● EXERCISE PROMPT: How many lines below include the word "code"? State that number and nothing else.

..............................

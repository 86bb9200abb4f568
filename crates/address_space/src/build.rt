// Calls that build the space of a process from its parts (regions with their first bytes): `Space::build` for a start,
// `rebuild` for exec in place of the old process. First a table that maps TRAMPOLINE and TRAPFRAME, then for each page of
// the parts a frame with its bytes. Also `TRAMPOLINE_FRAME`, the number of the frame that has the trampoline's code.

ghost use Rattle.std.specs.Prelude.{[], ◌≡◌, ◌-◌, ◌≤◌, ◌↔◌, if◌then◌else◌, IfErr, IfOk, is_ok, IsOk, ℕ};
ghost use Rattle.address_space.specs.Agreement.{body_of, IsSpace, HoldsTrampoline, HoldsTrapframe};
ghost use Rattle.address_space.specs.SpaceTeardown.{CanEnd};
ghost use Rattle.address_space.specs.Parts.{AreParts, bare_process, build_need, CanFill, CanOpen, FillsPages, OpensSpace, OwnsAlone};
ghost use Rattle.address_space.specs.Parts.{pages_need, pages_of, part_pages, process_of_parts, StandsAlone, tree_need};
ghost use Rattle.address_space.specs.Steps.{TakesFrames};
ghost use Rattle.frame_store.specs.Laws.{IsSeatOf, IsDry, KeepsSeats};
ghost use Rattle.frame_store.specs.View.{hold_of};
ghost use Rattle.process_model.specs.Process.{Process};
ghost use Rattle.table_walk.specs.Tables.{Tables};

use crate::frame_need::frames_needed;
use crate::kernel::leaf_for_kernel;
use crate::layout::Layout;
use crate::pages::add_page;
use crate::part::Part;
use crate::space::Space;
use crate::teardown::{drop_run, release_emptied};
use frame_bytes::fill_frame;
use frame_store::{FrameAccess, FrameSeat, FrameSupply, NoFrame};
use sv39_entry::{FrameNo, PAGE_SIZE, Scheme, Va};
use table_walk::{map, missing_is_growth, new_table};

/// The frame that TRAMPOLINE maps in every space: frame 0, which has the trampoline's code.
pub const TRAMPOLINE_FRAME: FrameNo = FrameNo(0);

impl<S: FrameSeat> Space<S> {
    /// Builds the space of a process that starts with these parts: at most 18, in ascending order and apart, each ending at
    /// TRAPFRAME or below, with rights that fit a leaf and no file as its source. The seat must hold frame 0 once, no other
    /// frame, and no credits. All frames are reserved, `frames_needed` of them, before anything is built: the trapframe's,
    /// one for each page, and the page tables. Every page is settled, on a frame of its own.
    ///
    /// # Errors
    /// `NoFrame`, with the seat, whose frames and credits are unchanged. If nobody else changes the store (`alone`):
    /// exactly when fewer than `frames_needed` frames are free. Over shared frames: only after the free count was read as 0
    /// with fewer than these reserved.
    pub fn build<F: FrameSupply<Seat = S>>(
        store: &mut F,
        mut seat: S,
        scheme: Scheme,
        parts: &[Part],
    ) -> Result<Space<S>, (NoFrame, S)>
        requires fits { IsSeatOf F.invariant store.old seat }
        requires parts { AreParts scheme parts.now }
        requires seat { HoldsTrampoline (S.view seat) }
        ensures built { IfOk result (λ s. (t : Tables)
            × ((fresh : ℕ) → IsSpace (body_of S.view s) t (process_of_parts scheme fresh parts.now)) × OwnsAlone (S.view s.seat) t) }
        ensures takes { IfOk result (λ s. TakesFrames (S.view seat) (S.view s.seat) (build_need scheme parts.now) []) }
        ensures refused { IfErr result (λ e. IsDry (build_need scheme parts.now) (S.view seat) (S.view e.1)) }
        ensures exact { F.alone → IsOk result ↔ (build_need scheme parts.now ≤ F.free store.old) }
        ensures free { F.alone → F.free store.new ≡ F.free store.old - (if is_ok result then build_need scheme parts.now else 0) }
        ensures keeps { IfOk result (λ s. KeepsSeats F.invariant store.old seat store.new s.seat) }
        ensures keeps_refused { IfErr result (λ e. KeepsSeats F.invariant store.old seat store.new e.1) }
    {
        if let Err(none) = store.reserve(&mut seat, frames_needed(scheme, parts)) {
            return Err((none, seat));
        }
        let trapframe = store.claim(&mut seat);
        fill_frame(store, &mut seat, trapframe, &[]);
        Ok(Space::build_reserved(store, seat, scheme, trapframe, parts))
    }

    /// `build` after its reservation: by the seat's credits, one for each page and page table, and with a frame for the
    /// trapframe that the seat holds alone. What the seat has and knows of that frame stays.
    fn build_reserved<F: FrameSupply<Seat = S>>(
        store: &mut F,
        mut seat: S,
        scheme: Scheme,
        trapframe: FrameNo,
        parts: &[Part],
    ) -> Space<S>
        requires fits { IsSeatOf F.invariant store.old seat }
        requires parts { AreParts scheme parts.now }
        requires seat { HoldsTrapframe (S.view seat) trapframe.0 }
        requires credits { (S.view seat).credits ≡ tree_need scheme parts.now }
        ensures built { (t : Tables) × ((fresh : ℕ) → IsSpace (body_of S.view result) t (process_of_parts scheme fresh parts.now))
            × OwnsAlone (S.view result.seat) t }
        ensures trapframe { result.trapframe ≡ trapframe }
        ensures saved { hold_of (S.view result.seat) trapframe.0 ≡ hold_of (S.view seat) trapframe.0 }
        ensures takes { TakesFrames (S.view seat) (S.view result.seat) (tree_need scheme parts.now) [] }
        ensures free { F.alone → F.free store.new ≡ F.free store.old }
        ensures keeps { KeepsSeats F.invariant store.old seat store.new result.seat }
    {
        let root = open_tables(store, &mut seat, scheme, trapframe);
        fill_parts(store, &mut seat, scheme, root, parts);
        Space {
            seat,
            root,
            trapframe,
            layout: Layout::new(scheme, parts),
        }
    }

    /// Replaces the process of the space by one that starts with these parts, by the same scheme (exec): releases all old
    /// pages and tables, and builds the new ones by the seat's credits, which must be exactly one for each page and page
    /// table (`frames_needed` less 1). The parts are such as `build` takes. TRAPFRAME keeps its frame; what the seat has
    /// and knows of that frame stays. Cannot fail. Makes no fence: the caller must.
    pub fn rebuild<F: FrameSupply<Seat = S>>(&mut self, store: &mut F, parts: &[Part])
        requires fits { IsSeatOf F.invariant store.old self.old.seat }
        requires parts { AreParts self.old.layout.scheme parts.now }
        requires ready { (t : Tables) × (p : Process) × CanEnd (body_of S.view self.old) t p }
        requires credits { (S.view self.old.seat).credits ≡ tree_need self.old.layout.scheme parts.now }
        ensures built { (t : Tables)
            × ((fresh : ℕ) → IsSpace (body_of S.view self.new) t (process_of_parts self.old.layout.scheme fresh parts.now))
            × OwnsAlone (S.view self.new.seat) t }
        ensures trapframe { self.new.trapframe ≡ self.old.trapframe }
        ensures saved { hold_of (S.view self.new.seat) self.old.trapframe.0 ≡ hold_of (S.view self.old.seat) self.old.trapframe.0 }
        ensures takes { TakesFrames (S.view self.old.seat) (S.view self.new.seat) (tree_need self.old.layout.scheme parts.now) [] }
        ensures free { F.alone → F.free store.old ≤ F.free store.new }
        ensures keeps { KeepsSeats F.invariant store.old self.old.seat store.new self.new.seat }
    {
        let scheme = self.layout.scheme();
        drop_run(
            store,
            &mut self.seat,
            scheme,
            self.root,
            Va(0).page(),
            scheme.trapframe().page().number(),
        );
        release_emptied(store, &mut self.seat, scheme, self.root);
        self.root = open_tables(store, &mut self.seat, scheme, self.trapframe);
        fill_parts(store, &mut self.seat, scheme, self.root, parts);
        self.layout = Layout::new(scheme, parts);
    }
}

/// Makes a root table that maps TRAMPOLINE, and TRAPFRAME over `trapframe`, and returns it. Takes a credit for the root, and
/// one for each table below it on the way to these two pages.
fn open_tables<F: FrameSupply>(
    store: &mut F,
    seat: &mut F::Seat,
    scheme: Scheme,
    trapframe: FrameNo,
) -> FrameNo
    requires fits { IsSeatOf F.invariant store.old seat.old }
    requires ready { CanOpen scheme (F.Seat.view seat.old) trapframe.0 }
    ensures opened { (t : Tables) × OpensSpace scheme (F.Seat.view seat.old) (F.Seat.view seat.new) result.0 trapframe.0 t }
    ensures keeps { KeepsSeats F.invariant store.old seat.old store.new seat.new }
    ensures free { F.alone → F.free store.new ≡ F.free store.old }
{
    missing_is_growth();
    let root = new_table(store, seat);
    let trampoline = leaf_for_kernel(TRAMPOLINE_FRAME);
    map(
        store,
        seat,
        scheme,
        root,
        scheme.trampoline().page(),
        trampoline,
    );
    let saved = leaf_for_kernel(trapframe);
    map(store, seat, scheme, root, scheme.trapframe().page(), saved);
    root
}

/// Settles each page of the parts on a frame with its bytes, by the seat's credits.
fn fill_parts<F: FrameSupply>(
    store: &mut F,
    seat: &mut F::Seat,
    scheme: Scheme,
    root: FrameNo,
    parts: &[Part],
)
    requires fits { IsSeatOf F.invariant store.old seat.old }
    requires parts { AreParts scheme parts.now }
    requires ready { (trapframe : ℕ) × (t : Tables) × StandsAlone (F.Seat.view seat.old) root.0 trapframe t (bare_process scheme parts.now) }
    requires credits { pages_need (bare_process scheme parts.now) (pages_of parts.now) ≤ (F.Seat.view seat.old).credits }
    ensures filled { (trapframe : ℕ) (t : Tables) → StandsAlone (F.Seat.view seat.old) root.0 trapframe t (bare_process scheme parts.now) →
        (u : Tables) × FillsPages (F.Seat.view seat.old) (F.Seat.view seat.new) root.0 trapframe u (bare_process scheme parts.now) (pages_of parts.now) }
    ensures keeps { KeepsSeats F.invariant store.old seat.old store.new seat.new }
    ensures free { F.alone → F.free store.new ≡ F.free store.old }
{
    'parts: for part in parts {
        fill_part(store, seat, scheme, root, part);
    }
}

/// Settles each page of a part on a frame with its bytes, by the seat's credits.
fn fill_part<F: FrameSupply>(
    store: &mut F,
    seat: &mut F::Seat,
    scheme: Scheme,
    root: FrameNo,
    part: &Part,
)
    requires fits { IsSeatOf F.invariant store.old seat.old }
    requires ready { (trapframe : ℕ) × (t : Tables) × (p : Process) × (p.scheme ≡ scheme)
        × CanFill (F.Seat.view seat.old) root.0 trapframe t p part.now × (pages_need p (part_pages part.now) ≤ (F.Seat.view seat.old).credits) }
    ensures filled { (trapframe : ℕ) (t : Tables) (p : Process) → p.scheme ≡ scheme → CanFill (F.Seat.view seat.old) root.0 trapframe t p part.now →
        (u : Tables) × FillsPages (F.Seat.view seat.old) (F.Seat.view seat.new) root.0 trapframe u p (part_pages part.now) }
    ensures keeps { KeepsSeats F.invariant store.old seat.old store.new seat.new }
    ensures free { F.alone → F.free store.new ≡ F.free store.old }
{
    missing_is_growth();
    let region = part.region;
    let mut rest = part.bytes;
    'pages: for number in region.first..region.first + region.pages {
        let page = Va(number * PAGE_SIZE).page();
        let (bytes, behind) = rest.split_at((PAGE_SIZE as usize).min(rest.len()));
        add_page(store, seat, scheme, root, page, &region, bytes);
        rest = behind;
    }
}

..............................

● REPLY TO THE EXERCISE: 2